▶ _Records for this exercise_:
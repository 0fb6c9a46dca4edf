// The calls of an object in memory, and its count of faults.
ghost use Rattle.std.specs.Prelude.{◌≡◌};
ghost use Rattle.ef_io.specs.Count.{one_more};
ghost use Rattle.ef_io.specs.Calls.{counted, is_failing};

/// The calls made so far, and the numbers, from 1, of those that are to fail.
#[derive(Drop)]
pub struct Calls {
    failing: Vec<u64>,
    made: u64,
}

impl Calls {
    pub fn new(failing: Vec<u64>) -> Calls
        ensures { result ≡ record { failing = failing; made = 0 } }
    {
        Calls { failing, made: 0 }
    }

    /// Counts one more call, and answers whether it is to fail.
    pub fn count(&mut self) -> bool
        ensures counted { self.new ≡ counted self.old }
        ensures failing { result ≡ is_failing (counted self.old) }
    {
        self.made = one_more(self.made);
        self.failing.contains(&self.made)
    }
}

/// A count after one more. It ends at the greatest number of 64 bits.
pub fn one_more(count: u64) -> u64
    ensures { result ≡ one_more count }
{
    count.saturating_add(1)
}
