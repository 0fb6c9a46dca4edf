//! Where files are read and where text is written, and what an answer tells of both.
#![tactic(auto)]

mod calls;
mod file_output;
mod file_sources;
mod memory_output;
mod memory_sink;
mod memory_sources;
mod out_sink;
mod sink;
mod sources;
mod status;
mod steady;
mod store;
mod whole;

pub use file_output::FileOutput;
pub use file_sources::FileSources;
pub use memory_output::MemoryOutput;
pub use memory_sink::MemorySink;
pub use memory_sources::{MemoryFile, MemorySources};
pub use out_sink::OutSink;
pub use sink::{Failed, Output, Sink};
pub use sources::{ReadRefusal, Sources};
pub use status::Status;
pub use steady::{SteadySink, SteadySources};
pub use whole::{put, put_parts};
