// A pair: the pages of one image, and then those of another.
ghost use Rattle.std.specs.Prelude.{◌≡◌, ◌++◌};
ghost use Rattle.pair.specs.Pairs.{joined_extent, pair_answer, pair_made, part_at};
ghost use Rattle.pair.specs.Sound.{pair_sound};

use fault::{Fault, Refusal};
use image::{EditableImage, Extent, Image, PageState};

// Where the two cannot be joined, it is an image of no pages.
#[derive(Drop)]
pub struct Pair<A, B> {
    first: A,
    second: B,
}

// The part of a pair that has a page, and the page's number there.
#[derive(Clone, Copy)]
enum Part {
    First(usize),
    Second(usize),
}

// How large two images of these extents are as one, where they can be joined.
fn joined(a: Extent, b: Extent) -> Option<Extent>
    ensures { result ≡ joined_extent a b }
{
    if a.count == 0 || b.count == 0 {
        return None;
    }
    if a.size != b.size || a.last != a.size {
        return None;
    }
    if a.count > 4096 || b.count > 4096 - a.count {
        return None;
    }
    Some(Extent {
        size: a.size,
        count: a.count + b.count,
        last: b.last,
    })
}

// The same fault, about this page.
fn about(fault: Fault, page: usize) -> Fault
    ensures { result ≡ record fault { place = page } }
{
    Fault {
        place: page,
        ..fault
    }
}

impl<A: Image, B: Image> Pair<A, B> {
    // Whether the two can be joined.
    pub fn check(first: &A, second: &B) -> Result<(), Fault>
        ensures { result ≡ pair_answer (A.Image.meaning first.now) (B.Image.meaning second.now) }
    {
        joined(first.extent(), second.extent()).ok_or(Fault::new(Refusal::PairParts, 0))?;
        Ok(())
    }

    // The two as one image.
    pub fn make(first: A, second: B) -> Pair<A, B>
        ensures { result ≡ record { first = first; second = second } }
    {
        Pair { first, second }
    }

    // Where a page lies, if the two are joined; pages past the end are the second's.
    fn part(&self, page: usize) -> Option<Part>
        ensures { result ≡ part_at (A.Image.meaning self.now.first) (B.Image.meaning self.now.second) page }
    {
        let front = self.first.extent();
        joined(front, self.second.extent())?;
        if page < front.count {
            Some(Part::First(page))
        } else {
            Some(Part::Second(page - front.count))
        }
    }
}

impl<A: Image, B: Image> Image for Pair<A, B> {
    ghost meaning = { λ p. pair_made (A.Image.meaning p.first) (B.Image.meaning p.second) };

    ghost frame = { λ p. A.Image.frame p.first ++ B.Image.frame p.second };

    ghost sound = { λ p. pair_sound (A.Image.meaning p.first) (B.Image.meaning p.second) (A.Image.sound p.first) (B.Image.sound p.second) };

    fn extent(&self) -> Extent {
        joined(self.first.extent(), self.second.extent()).unwrap_or(Extent::none())
    }

    fn state(&self, page: usize) -> PageState {
        match self.part(page) {
            None => PageState::UNREADABLE,
            Some(Part::First(there)) => self.first.state(there),
            Some(Part::Second(there)) => self.second.state(there),
        }
    }

    fn read(&self, page: usize, out: &mut [u8]) -> Result<(), Fault> {
        match self.part(page) {
            None => Err(Fault::new(Refusal::PageAbsent, page)),
            Some(Part::First(there)) => self.first.read(there, out),
            Some(Part::Second(there)) => {
                let answer = self.second.read(there, out);
                answer.map_err(|fault| about(fault, page))
            }
        }
    }
}

impl<A: EditableImage, B: EditableImage> EditableImage for Pair<A, B> {
    fn write(&mut self, page: usize, bytes: &[u8]) -> Result<(), Fault> {
        match self.part(page) {
            None => Err(Fault::new(Refusal::PageAbsent, page)),
            Some(Part::First(there)) => self.first.write(there, bytes),
            Some(Part::Second(there)) => {
                let answer = self.second.write(there, bytes);
                answer.map_err(|fault| about(fault, page))
            }
        }
    }
}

▶ _Required action_:
The full listing above is to be retyped exactly.

▶ _Answer for the task_:
repository 0fb6c9a46dca4edf
// The calls of an object in memory, and its count of faults.
ghost use Rattle.std.specs.Prelude.{◌≡◌};
ghost use Rattle.ef_io.specs.Count.{one_more};
ghost use Rattle.ef_io.specs.Calls.{counted, is_failing};

/// The calls made so far, and the numbers, from 1, of those that are to fail.
#[derive(Drop)]
pub struct Calls {
    failing: Vec<u64>,
    made: u64,
}

impl Calls {
    pub fn new(failing: Vec<u64>) -> Calls
        ensures { result ≡ record { failing = failing; made = 0 } }
    {
        Calls { failing, made: 0 }
    }

    /// Counts one more call, and answers whether it is to fail.
    pub fn count(&mut self) -> bool
        ensures counted { self.new ≡ counted self.old }
        ensures failing { result ≡ is_failing (counted self.old) }
    {
        self.made = one_more(self.made);
        self.failing.contains(&self.made)
    }
}

/// A count after one more. It ends at the greatest number of 64 bits.
pub fn one_more(count: u64) -> u64
    ensures { result ≡ one_more count }
{
    count.saturating_add(1)
}
repository 0fb6c9a46dca4edf
//! Where files are read and where text is written, and what an answer tells of both.
#![tactic(auto)]

mod calls;
mod file_output;
mod file_sources;
mod memory_output;
mod memory_sink;
mod memory_sources;
mod out_sink;
mod sink;
mod sources;
mod status;
mod steady;
mod store;
mod whole;

pub use file_output::FileOutput;
pub use file_sources::FileSources;
pub use memory_output::MemoryOutput;
pub use memory_sink::MemorySink;
pub use memory_sources::{MemoryFile, MemorySources};
pub use out_sink::OutSink;
pub use sink::{Failed, Output, Sink};
pub use sources::{ReadRefusal, Sources};
pub use status::Status;
pub use steady::{SteadySink, SteadySources};
pub use whole::{put, put_parts};
// A pair: the pages of one image, and then those of another.
ghost use Rattle.std.specs.Prelude.{◌≡◌, ◌++◌};
ghost use Rattle.pair.specs.Pairs.{joined_extent, pair_answer, pair_made, part_at};
ghost use Rattle.pair.specs.Sound.{pair_sound};

use fault::{Fault, Refusal};
use image::{EditableImage, Extent, Image, PageState};

// Where the two cannot be joined, it is an image of no pages.
#[derive(Drop)]
pub struct Pair<A, B> {
    first: A,
    second: B,
}

// The part of a pair that has a page, and the page's number there.
#[derive(Clone, Copy)]
enum Part {
    First(usize),
    Second(usize),
}

// How large two images of these extents are as one, where they can be joined.
fn joined(a: Extent, b: Extent) -> Option<Extent>
    ensures { result ≡ joined_extent a b }
{
    if a.count == 0 || b.count == 0 {
        return None;
    }
    if a.size != b.size || a.last != a.size {
        return None;
    }
    if a.count > 4096 || b.count > 4096 - a.count {
        return None;
    }
    Some(Extent {
        size: a.size,
        count: a.count + b.count,
        last: b.last,
    })
}

// The same fault, about this page.
fn about(fault: Fault, page: usize) -> Fault
    ensures { result ≡ record fault { place = page } }
{
    Fault {
        place: page,
        ..fault
    }
}

impl<A: Image, B: Image> Pair<A, B> {
    // Whether the two can be joined.
    pub fn check(first: &A, second: &B) -> Result<(), Fault>
        ensures { result ≡ pair_answer (A.Image.meaning first.now) (B.Image.meaning second.now) }
    {
        joined(first.extent(), second.extent()).ok_or(Fault::new(Refusal::PairParts, 0))?;
        Ok(())
    }

    // The two as one image.
    pub fn make(first: A, second: B) -> Pair<A, B>
        ensures { result ≡ record { first = first; second = second } }
    {
        Pair { first, second }
    }

    // Where a page lies, if the two are joined; pages past the end are the second's.
    fn part(&self, page: usize) -> Option<Part>
        ensures { result ≡ part_at (A.Image.meaning self.now.first) (B.Image.meaning self.now.second) page }
    {
        let front = self.first.extent();
        joined(front, self.second.extent())?;
        if page < front.count {
            Some(Part::First(page))
        } else {
            Some(Part::Second(page - front.count))
        }
    }
}

impl<A: Image, B: Image> Image for Pair<A, B> {
    ghost meaning = { λ p. pair_made (A.Image.meaning p.first) (B.Image.meaning p.second) };

    ghost frame = { λ p. A.Image.frame p.first ++ B.Image.frame p.second };

    ghost sound = { λ p. pair_sound (A.Image.meaning p.first) (B.Image.meaning p.second) (A.Image.sound p.first) (B.Image.sound p.second) };

    fn extent(&self) -> Extent {
        joined(self.first.extent(), self.second.extent()).unwrap_or(Extent::none())
    }

    fn state(&self, page: usize) -> PageState {
        match self.part(page) {
            None => PageState::UNREADABLE,
            Some(Part::First(there)) => self.first.state(there),
            Some(Part::Second(there)) => self.second.state(there),
        }
    }

    fn read(&self, page: usize, out: &mut [u8]) -> Result<(), Fault> {
        match self.part(page) {
            None => Err(Fault::new(Refusal::PageAbsent, page)),
            Some(Part::First(there)) => self.first.read(there, out),
            Some(Part::Second(there)) => {
                let answer = self.second.read(there, out);
                answer.map_err(|fault| about(fault, page))
            }
        }
    }
}

impl<A: EditableImage, B: EditableImage> EditableImage for Pair<A, B> {
    fn write(&mut self, page: usize, bytes: &[u8]) -> Result<(), Fault> {
        match self.part(page) {
            None => Err(Fault::new(Refusal::PageAbsent, page)),
            Some(Part::First(there)) => self.first.write(there, bytes),
            Some(Part::Second(there)) => {
                let answer = self.second.write(there, bytes);
                answer.map_err(|fault| about(fault, page))
            }
        }
    }
}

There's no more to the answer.